DATA:

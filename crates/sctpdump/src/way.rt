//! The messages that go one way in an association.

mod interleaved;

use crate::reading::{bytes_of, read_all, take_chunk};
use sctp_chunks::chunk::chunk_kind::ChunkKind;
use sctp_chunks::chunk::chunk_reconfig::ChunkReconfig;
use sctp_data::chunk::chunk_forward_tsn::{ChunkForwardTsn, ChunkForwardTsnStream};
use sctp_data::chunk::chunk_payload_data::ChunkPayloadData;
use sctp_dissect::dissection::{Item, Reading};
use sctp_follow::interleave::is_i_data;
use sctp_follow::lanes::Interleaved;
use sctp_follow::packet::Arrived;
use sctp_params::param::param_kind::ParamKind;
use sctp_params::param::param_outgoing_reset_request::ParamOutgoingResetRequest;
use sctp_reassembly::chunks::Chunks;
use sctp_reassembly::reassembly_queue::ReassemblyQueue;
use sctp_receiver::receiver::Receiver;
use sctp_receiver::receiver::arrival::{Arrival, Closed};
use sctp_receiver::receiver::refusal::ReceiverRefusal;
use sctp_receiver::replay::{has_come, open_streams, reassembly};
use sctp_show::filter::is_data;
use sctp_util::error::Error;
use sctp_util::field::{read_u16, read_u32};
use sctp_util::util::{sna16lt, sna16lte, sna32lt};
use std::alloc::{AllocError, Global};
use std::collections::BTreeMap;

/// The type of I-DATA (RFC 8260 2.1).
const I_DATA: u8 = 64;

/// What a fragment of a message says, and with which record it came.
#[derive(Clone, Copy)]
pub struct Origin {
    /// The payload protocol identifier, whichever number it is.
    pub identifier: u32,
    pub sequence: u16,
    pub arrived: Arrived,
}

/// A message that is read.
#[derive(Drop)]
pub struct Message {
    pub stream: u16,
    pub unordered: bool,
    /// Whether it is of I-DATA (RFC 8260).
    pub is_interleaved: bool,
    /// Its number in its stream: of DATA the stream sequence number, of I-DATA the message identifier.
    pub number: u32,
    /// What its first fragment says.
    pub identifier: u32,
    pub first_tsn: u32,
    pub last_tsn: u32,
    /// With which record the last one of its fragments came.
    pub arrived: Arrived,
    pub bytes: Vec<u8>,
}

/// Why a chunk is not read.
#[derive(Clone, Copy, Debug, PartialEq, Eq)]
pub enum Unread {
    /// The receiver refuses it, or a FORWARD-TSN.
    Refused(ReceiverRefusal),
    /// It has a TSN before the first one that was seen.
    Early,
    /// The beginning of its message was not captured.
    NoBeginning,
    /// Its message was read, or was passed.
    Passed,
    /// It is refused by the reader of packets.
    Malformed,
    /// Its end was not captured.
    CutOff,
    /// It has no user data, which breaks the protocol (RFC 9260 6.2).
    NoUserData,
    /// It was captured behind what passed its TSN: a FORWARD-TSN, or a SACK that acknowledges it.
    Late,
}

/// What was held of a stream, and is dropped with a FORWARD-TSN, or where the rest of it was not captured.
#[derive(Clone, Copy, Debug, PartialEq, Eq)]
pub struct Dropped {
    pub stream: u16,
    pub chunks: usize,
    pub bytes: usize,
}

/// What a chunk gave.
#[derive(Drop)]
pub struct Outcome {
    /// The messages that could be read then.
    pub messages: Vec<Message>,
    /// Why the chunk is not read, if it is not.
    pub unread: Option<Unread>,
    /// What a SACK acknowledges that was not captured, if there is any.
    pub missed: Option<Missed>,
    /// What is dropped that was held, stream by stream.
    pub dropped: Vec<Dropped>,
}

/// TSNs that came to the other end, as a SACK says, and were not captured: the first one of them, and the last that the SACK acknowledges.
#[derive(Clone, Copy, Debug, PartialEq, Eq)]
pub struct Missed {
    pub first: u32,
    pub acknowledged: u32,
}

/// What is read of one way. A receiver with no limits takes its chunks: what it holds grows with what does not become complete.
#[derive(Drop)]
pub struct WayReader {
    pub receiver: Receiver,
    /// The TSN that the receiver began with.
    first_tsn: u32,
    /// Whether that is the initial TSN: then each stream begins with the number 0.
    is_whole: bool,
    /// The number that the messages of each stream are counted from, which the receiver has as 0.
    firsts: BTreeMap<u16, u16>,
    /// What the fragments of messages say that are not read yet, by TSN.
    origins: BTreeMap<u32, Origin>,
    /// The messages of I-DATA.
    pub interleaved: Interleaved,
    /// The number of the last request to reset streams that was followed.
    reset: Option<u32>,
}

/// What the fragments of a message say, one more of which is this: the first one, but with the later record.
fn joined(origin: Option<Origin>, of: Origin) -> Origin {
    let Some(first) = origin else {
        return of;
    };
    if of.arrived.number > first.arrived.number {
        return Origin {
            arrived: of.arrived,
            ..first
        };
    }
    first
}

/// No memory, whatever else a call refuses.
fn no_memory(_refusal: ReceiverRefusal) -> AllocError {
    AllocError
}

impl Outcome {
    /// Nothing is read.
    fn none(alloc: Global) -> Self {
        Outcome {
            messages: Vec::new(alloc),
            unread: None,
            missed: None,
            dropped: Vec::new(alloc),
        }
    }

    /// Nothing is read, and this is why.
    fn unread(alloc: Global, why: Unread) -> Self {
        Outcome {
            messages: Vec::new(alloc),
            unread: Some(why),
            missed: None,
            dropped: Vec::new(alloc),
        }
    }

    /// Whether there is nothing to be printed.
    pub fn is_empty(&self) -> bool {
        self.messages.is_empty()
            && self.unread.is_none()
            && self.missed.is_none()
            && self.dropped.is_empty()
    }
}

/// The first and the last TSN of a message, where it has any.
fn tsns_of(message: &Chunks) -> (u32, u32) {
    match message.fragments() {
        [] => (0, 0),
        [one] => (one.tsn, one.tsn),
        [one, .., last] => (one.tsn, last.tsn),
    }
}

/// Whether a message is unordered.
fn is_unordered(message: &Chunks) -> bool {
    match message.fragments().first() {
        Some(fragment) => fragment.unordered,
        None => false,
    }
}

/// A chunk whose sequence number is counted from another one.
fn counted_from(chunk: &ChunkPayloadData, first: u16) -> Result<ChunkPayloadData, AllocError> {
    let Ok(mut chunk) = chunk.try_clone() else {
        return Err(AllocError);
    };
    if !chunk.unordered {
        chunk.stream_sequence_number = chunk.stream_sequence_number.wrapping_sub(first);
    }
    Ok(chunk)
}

YOUR TASK:
Would you please repeat the whole listing exactly as it is?

RESPONSE AREA:
filename crates/sctpdump/src/way.rt
//! The messages that go one way in an association.

mod interleaved;

use crate::reading::{bytes_of, read_all, take_chunk};
use sctp_chunks::chunk::chunk_kind::ChunkKind;
use sctp_chunks::chunk::chunk_reconfig::ChunkReconfig;
use sctp_data::chunk::chunk_forward_tsn::{ChunkForwardTsn, ChunkForwardTsnStream};
use sctp_data::chunk::chunk_payload_data::ChunkPayloadData;
use sctp_dissect::dissection::{Item, Reading};
use sctp_follow::interleave::is_i_data;
use sctp_follow::lanes::Interleaved;
use sctp_follow::packet::Arrived;
use sctp_params::param::param_kind::ParamKind;
use sctp_params::param::param_outgoing_reset_request::ParamOutgoingResetRequest;
use sctp_reassembly::chunks::Chunks;
use sctp_reassembly::reassembly_queue::ReassemblyQueue;
use sctp_receiver::receiver::Receiver;
use sctp_receiver::receiver::arrival::{Arrival, Closed};
use sctp_receiver::receiver::refusal::ReceiverRefusal;
use sctp_receiver::replay::{has_come, open_streams, reassembly};
use sctp_show::filter::is_data;
use sctp_util::error::Error;
use sctp_util::field::{read_u16, read_u32};
use sctp_util::util::{sna16lt, sna16lte, sna32lt};
use std::alloc::{AllocError, Global};
use std::collections::BTreeMap;

/// The type of I-DATA (RFC 8260 2.1).
const I_DATA: u8 = 64;

/// What a fragment of a message says, and with which record it came.
#[derive(Clone, Copy)]
pub struct Origin {
    /// The payload protocol identifier, whichever number it is.
    pub identifier: u32,
    pub sequence: u16,
    pub arrived: Arrived,
}

/// A message that is read.
#[derive(Drop)]
pub struct Message {
    pub stream: u16,
    pub unordered: bool,
    /// Whether it is of I-DATA (RFC 8260).
    pub is_interleaved: bool,
    /// Its number in its stream: of DATA the stream sequence number, of I-DATA the message identifier.
    pub number: u32,
    /// What its first fragment says.
    pub identifier: u32,
    pub first_tsn: u32,
    pub last_tsn: u32,
    /// With which record the last one of its fragments came.
    pub arrived: Arrived,
    pub bytes: Vec<u8>,
}

/// Why a chunk is not read.
#[derive(Clone, Copy, Debug, PartialEq, Eq)]
pub enum Unread {
    /// The receiver refuses it, or a FORWARD-TSN.
    Refused(ReceiverRefusal),
    /// It has a TSN before the first one that was seen.
    Early,
    /// The beginning of its message was not captured.
    NoBeginning,
    /// Its message was read, or was passed.
    Passed,
    /// It is refused by the reader of packets.
    Malformed,
    /// Its end was not captured.
    CutOff,
    /// It has no user data, which breaks the protocol (RFC 9260 6.2).
    NoUserData,
    /// It was captured behind what passed its TSN: a FORWARD-TSN, or a SACK that acknowledges it.
    Late,
}

/// What was held of a stream, and is dropped with a FORWARD-TSN, or where the rest of it was not captured.
#[derive(Clone, Copy, Debug, PartialEq, Eq)]
pub struct Dropped {
    pub stream: u16,
    pub chunks: usize,
    pub bytes: usize,
}

/// What a chunk gave.
#[derive(Drop)]
pub struct Outcome {
    /// The messages that could be read then.
    pub messages: Vec<Message>,
    /// Why the chunk is not read, if it is not.
    pub unread: Option<Unread>,
    /// What a SACK acknowledges that was not captured, if there is any.
    pub missed: Option<Missed>,
    /// What is dropped that was held, stream by stream.
    pub dropped: Vec<Dropped>,
}

/// TSNs that came to the other end, as a SACK says, and were not captured: the first one of them, and the last that the SACK acknowledges.
#[derive(Clone, Copy, Debug, PartialEq, Eq)]
pub struct Missed {
    pub first: u32,
    pub acknowledged: u32,
}

/// What is read of one way. A receiver with no limits takes its chunks: what it holds grows with what does not become complete.
#[derive(Drop)]
pub struct WayReader {
    pub receiver: Receiver,
    /// The TSN that the receiver began with.
    first_tsn: u32,
    /// Whether that is the initial TSN: then each stream begins with the number 0.
    is_whole: bool,
    /// The number that the messages of each stream are counted from, which the receiver has as 0.
    firsts: BTreeMap<u16, u16>,
    /// What the fragments of messages say that are not read yet, by TSN.
    origins: BTreeMap<u32, Origin>,
    /// The messages of I-DATA.
    pub interleaved: Interleaved,
    /// The number of the last request to reset streams that was followed.
    reset: Option<u32>,
}

/// What the fragments of a message say, one more of which is this: the first one, but with the later record.
fn joined(origin: Option<Origin>, of: Origin) -> Origin {
    let Some(first) = origin else {
        return of;
    };
    if of.arrived.number > first.arrived.number {
        return Origin {
            arrived: of.arrived,
            ..first
        };
    }
    first
}

/// No memory, whatever else a call refuses.
fn no_memory(_refusal: ReceiverRefusal) -> AllocError {
    AllocError
}

impl Outcome {
    /// Nothing is read.
    fn none(alloc: Global) -> Self {
        Outcome {
            messages: Vec::new(alloc),
            unread: None,
            missed: None,
            dropped: Vec::new(alloc),
        }
    }

    /// Nothing is read, and this is why.
    fn unread(alloc: Global, why: Unread) -> Self {
        Outcome {
            messages: Vec::new(alloc),
            unread: Some(why),
            missed: None,
            dropped: Vec::new(alloc),
        }
    }

    /// Whether there is nothing to be printed.
    pub fn is_empty(&self) -> bool {
        self.messages.is_empty()
            && self.unread.is_none()
            && self.missed.is_none()
            && self.dropped.is_empty()
    }
}

/// The first and the last TSN of a message, where it has any.
fn tsns_of(message: &Chunks) -> (u32, u32) {
    match message.fragments() {
        [] => (0, 0),
        [one] => (one.tsn, one.tsn),
        [one, .., last] => (one.tsn, last.tsn),
    }
}

/// Whether a message is unordered.
fn is_unordered(message: &Chunks) -> bool {
    match message.fragments().first() {
        Some(fragment) => fragment.unordered,
        None => false,
    }
}

/// A chunk whose sequence number is counted from another one.
fn counted_from(chunk: &ChunkPayloadData, first: u16) -> Result<ChunkPayloadData, AllocError> {
    let Ok(mut chunk) = chunk.try_clone() else {
        return Err(AllocError);
    };
    if !chunk.unordered {
        chunk.stream_sequence_number = chunk.stream_sequence_number.wrapping_sub(first);
    }
    Ok(chunk)
}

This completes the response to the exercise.